Friday, May 15, 2009

Thibaudet and Ravel

It was interesting hearing Jean-Yves Thibaudet play the Concerto in G by Maurice Ravel this evening, only a week after hearing Gershwin's Concerto in F played in the same hall by Jeffrey Kahane (for that review, click here). When I first started listening to orchestral music in my late teens, I was a jazz fan becoming a classical fan, and these were obvious pieces to smooth the transition. Somehow I had assumed that the Ravel piece had been written first and that it had influenced Gershwin, who was younger and starting his own orchestral career after writing showtunes. However, in the years since I had learned that my assumption was wrong and that it was the other way around. Ravel had been visiting the US and heard Gershwin's piece, and decided to write his own concerto with many similarities, not the least of which is the bluesy treatment of melody.

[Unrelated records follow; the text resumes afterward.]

// Netlists that grow.

ghost use Rattle.std.specs.Prelude.{position, ℕ, None, Some, slice_get, ◌≡◌, ◌≢◌, ◌+◌, ◌<◌, ◌≤◌, ◌++◌, ◌∷◌, [], length, map, IfNone, IfOk, OnOk, OnErr};
ghost use Rattle.std.specs.Vec.{vec_capacity, vec_len};
ghost use Rattle.indexmap.specs.IndexSet.{spare};
ghost use Rattle.wiring.specs.declared.netlist.Assign.{Assign};
ghost use Rattle.wiring.specs.declared.netlist.Update.TheVariants.{Set, Put};
ghost use Rattle.wiring.specs.declared.right.Atom.TheVariants as atom;
ghost use Rattle.wiring.specs.Netlist.{netlist_of};
ghost use Rattle.net_build.specs.States.{state_count};
ghost use Rattle.net_build.specs.Draft.{IsDraft, IsOperation, HasWire, SharesOrAdds, with_wire, with_reg, with_array, number};

use crate::size::right_size;
use dk_base::OutOfMemory;
use indexmap::IndexSet;
use std::alloc::AllocError;
use std::hash::Hash;
use wiring::{Assign, Atom, Net, Netlist, Right, Shape, Update, Width};

// Adds the wire of a right side that is not there yet.
fn push_wire(wiring: &mut Netlist, right: &Right<Net, usize>) -> Result<(), OutOfMemory>
    requires { IsOperation (netlist_of wiring.old) right.now }
    ensures ok { OnOk result (netlist_of wiring.new ≡ with_wire (netlist_of wiring.old) right.now) }
    ensures err { OnErr result (netlist_of wiring.new ≡ netlist_of wiring.old) }
    ensures room { vec_capacity wiring.new.updates ≡ vec_capacity wiring.old.updates }
{
    let width = right_size(wiring, right);
    wiring.wires.reserve(1)?;
    let target = Net::Wire(wiring.wires.len());
    wiring.assigns.push(Assign {
        target,
        right: *right,
    })?;
    let _ = wiring.wires.push(width);
    Ok(())
}

// The place of a key.
fn place_of<T: Eq + Hash + Drop>(known: &IndexSet<T>, key: &T) -> Option<usize>
    ensures found { result ≡ position (T.eq key.now) known.now.keys }
    ensures absent { IfNone result ((k : ℕ) (x : T) → slice_get known.now.keys k ≡ Some x
        → x ≢ key.now) }
{
    known.get_index_of(key)
}

// Makes room for a key.
fn reserve_key<T: Eq + Hash + Drop>(known: &mut IndexSet<T>) -> Result<(), OutOfMemory>
    ensures keys { known.new.keys ≡ known.old.keys }
    ensures room { OnOk result (0 < spare known.new) }
{
    known.reserve(1)
}

// Adds a key that is not there, for which there is room.
fn add_key<T: Copy + Eq + Hash + Drop>(known: &mut IndexSet<T>, key: &T)
    requires absent { position (T.eq key.now) known.old.keys ≡ None }
    requires room { 0 < spare known.old }
    ensures { known.new.keys ≡ known.old.keys ++ key.now ∷ [] }
{
    let _ = known.insert(*key);
}

// The wire with this right side, added where there is none.
pub fn wire_of(
    wiring: &mut Netlist,
    known: &mut IndexSet<Right<Net, usize>>,
    right: &Right<Net, usize>,
) -> Result<usize, OutOfMemory>
    requires draft { IsDraft (netlist_of wiring.old) }
    requires operation { IsOperation (netlist_of wiring.old) right.now }
    requires known { known.old.keys ≡ map (λ (a : Assign). a.right) wiring.old.assigns.items }
    ensures draft { IsDraft (netlist_of wiring.new) }
    ensures known { known.new.keys ≡ map (λ (a : Assign). a.right) wiring.new.assigns.items }
    ensures wire { IfOk result (λ k. HasWire (netlist_of wiring.new) k right.now) }
    ensures ok { OnOk result (SharesOrAdds (netlist_of wiring.new)
        (netlist_of wiring.old) right.now) }
    ensures err { OnErr result (netlist_of wiring.new ≡ netlist_of wiring.old) }
    ensures room { vec_capacity wiring.new.updates ≡ vec_capacity wiring.old.updates }
{
    if let Some(k) = place_of(known, right) {
        return Ok(k);
    }
    reserve_key(known)?;
    let k = wiring.assigns.len();
    push_wire(wiring, right)?;
    add_key(known, right);
    Ok(k)
}

// Makes room for the updates of this many registers and arrays and of one more.
fn make_room(updates: &mut Vec<Update>, states: usize) -> Result<(), OutOfMemory>
    ensures items { updates.new.items ≡ updates.old.items }
    ensures room { OnOk result (states < vec_capacity updates.new) }
    ensures kept { vec_capacity updates.old ≤ vec_capacity updates.new }
{
    match states.saturating_sub(updates.len()).checked_add(1) {
        Some(more) => updates.reserve(more),
        None => Err(AllocError),
    }
}

// Adds a register, with room for its update.
pub fn add_reg(wiring: &mut Netlist, width: Width) -> Result<usize, OutOfMemory>
    requires { state_count (netlist_of wiring.old) ≤ vec_capacity wiring.old.updates }
    ensures number { IfOk result (λ k. k ≡ length wiring.old.regs.items) }
    ensures ok { OnOk result (netlist_of wiring.new ≡ with_reg (netlist_of wiring.old) width) }
    ensures err { OnErr result (netlist_of wiring.new ≡ netlist_of wiring.old) }
    ensures room { state_count (netlist_of wiring.new) ≤ vec_capacity wiring.new.updates }
{
    make_room(&mut wiring.updates, wiring.regs.len() + wiring.arrays.len())?;
    let k = wiring.regs.len();
    wiring.regs.push(width)?;
    Ok(k)
}

// Adds an array, with room for its update.
pub fn add_array(wiring: &mut Netlist, shape: Shape) -> Result<usize, OutOfMemory>
    requires { state_count (netlist_of wiring.old) ≤ vec_capacity wiring.old.updates }
    ensures number { IfOk result (λ x. x ≡ length wiring.old.arrays.items) }
    ensures ok { OnOk result (netlist_of wiring.new ≡ with_array (netlist_of wiring.old) shape) }
    ensures err { OnErr result (netlist_of wiring.new ≡ netlist_of wiring.old) }
    ensures room { state_count (netlist_of wiring.new) ≤ vec_capacity wiring.new.updates }
{
    make_room(&mut wiring.updates, wiring.regs.len() + wiring.arrays.len())?;
    let x = wiring.arrays.len();
    wiring.arrays.push(shape)?;
    Ok(x)
}

// Adds the update of a register, for which there is room.
pub fn add_set(updates: &mut Vec<Update>, reg: Net, value: Net)
    requires { vec_len updates.old < vec_capacity updates.old }
    ensures items { updates.new.items ≡ updates.old.items ++ Set (number reg)
        (atom.Net value) ∷ [] }
    ensures room { vec_capacity updates.old ≤ vec_capacity updates.new }
{
    let _ = updates.push(Update::Set(number_of(reg), Atom::Net(value)));
}

// Adds the update of an array, for which there is room.
pub fn add_put(updates: &mut Vec<Update>, array: usize, index: Net, value: Net)
    requires { vec_len updates.old < vec_capacity updates.old }
    ensures items { updates.new.items ≡ updates.old.items ++ Put array (atom.Net index)
        (atom.Net value) ∷ [] }
    ensures room { vec_capacity updates.old ≤ vec_capacity updates.new }
{
    let _ = updates.push(Update::Put(array, Atom::Net(index), Atom::Net(value)));
}

fn number_of(net: Net) -> usize
    ensures { result ≡ number net }
{
    match net {
        Net::Input(k) | Net::Output(k) | Net::Wire(k) | Net::Reg(k) => k,
    }
}
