// The names that a builder gives.

ghost use Rattle.std.specs.Prelude.{◌≡◌, IfOk, OnOk, codes};
ghost use Rattle.wiring.specs.Netlist.{netlist_of};
ghost use Rattle.netlist.specs.Names.{names_of};
ghost use Rattle.net_build.specs.Naming.{made_name, made_names, names_for, AreCounts};

use dk_base::OutOfMemory;
use net_names::Name;
use netlist::Names;
use std::alloc::Global;
use wiring::Netlist;

fn wire_name(alloc: Global, k: usize) -> Result<Name, OutOfMemory>
    ensures { IfOk result (λ name. name ≡ made_name (codes "n") k) }
{
    Ok(Name::new(format!(in alloc; "n{k}")?.into_bytes()))
}

fn reg_name(alloc: Global, k: usize) -> Result<Name, OutOfMemory>
    ensures { IfOk result (λ name. name ≡ made_name (codes "r") k) }
{
    Ok(Name::new(format!(in alloc; "r{k}")?.into_bytes()))
}

fn array_name(alloc: Global, k: usize) -> Result<Name, OutOfMemory>
    ensures { IfOk result (λ name. name ≡ made_name (codes "m") k) }
{
    Ok(Name::new(format!(in alloc; "m{k}")?.into_bytes()))
}

#[tactic(auto, using(crate::proofs::MadeNames::more_names))]
fn wire_names(alloc: Global, count: usize) -> Result<Vec<Name>, OutOfMemory>
    ensures { IfOk result (λ names. names.items ≡ made_names (codes "n") count) }
{
    let mut names = Vec::new(alloc);
    for k in 0..count {
        names.push(wire_name(alloc, k)?)?;
    }
    Ok(names)
}

#[tactic(auto, using(crate::proofs::MadeNames::more_names))]
fn reg_names(alloc: Global, count: usize) -> Result<Vec<Name>, OutOfMemory>
    ensures { IfOk result (λ names. names.items ≡ made_names (codes "r") count) }
{
    let mut names = Vec::new(alloc);
    for k in 0..count {
        names.push(reg_name(alloc, k)?)?;
    }
    Ok(names)
}

#[tactic(auto, using(crate::proofs::MadeNames::more_names))]
fn array_names(alloc: Global, count: usize) -> Result<Vec<Name>, OutOfMemory>
    ensures { IfOk result (λ names. names.items ≡ made_names (codes "m") count) }
{
    let mut names = Vec::new(alloc);
    for k in 0..count {
        names.push(array_name(alloc, k)?)?;
    }
    Ok(names)
}

fn title(alloc: Global) -> Result<Name, OutOfMemory>
    ensures { IfOk result (λ name. name ≡ codes "dk") }
{
    Ok(Name::new(format!(in alloc; "dk")?.into_bytes()))
}

// The name `dk`, `n0` and so on for wires, `r0` for registers, `m0` for arrays.
pub fn names_of_wiring(alloc: Global, wiring: &Netlist) -> Result<Names, OutOfMemory>
    ensures names { IfOk result (λ names. names_of names ≡ names_for (netlist_of wiring.now)) }
    ensures counts { OnOk result (AreCounts (netlist_of wiring.now)) }
{
    let module = title(alloc)?;
    let wires = wire_names(alloc, wiring.wires.len())?;
    let regs = reg_names(alloc, wiring.regs.len())?;
    let arrays = array_names(alloc, wiring.arrays.len())?;
    Ok(Names {
        module,
        wires,
        regs,
        arrays,
    })
}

Hearing them both live and in such close proximity in the same hall, I am becoming increasingly convinced the Gershwin's work is much better than I had previously thought. It is, for the most part, the more interesting of the two, with the exception of the second movement, which is a bit too simple. On the contrary, the second movement of the Ravel is the best movement, and in many ways the least jazzy.

It was also interesting tonight seeing one of the few large crowds at the hall, clearly having turned out for the soloist, who was quite good, but seeing a small turnout for Kahane, who was exceptional.

Originally Ravel had written the piece as a divertissement, retitling it as a concerto later. The program tonight opened with another light piece, Mozart's Eine Kleine Nachtmusik, which, for a light piece, is one of the all-time greats. As Steve Ledbetter's concert notes point out, there is hardly any development in the piece, yet it still stands a almost perfectly constructed. The orchestra performed it almost perfectly, with a correctly small Mozart-sized orchestra.

The program finished with one of Beethoven's weakest symphonies, #2, although quite nicely performed under guest conductor James Gaffigan.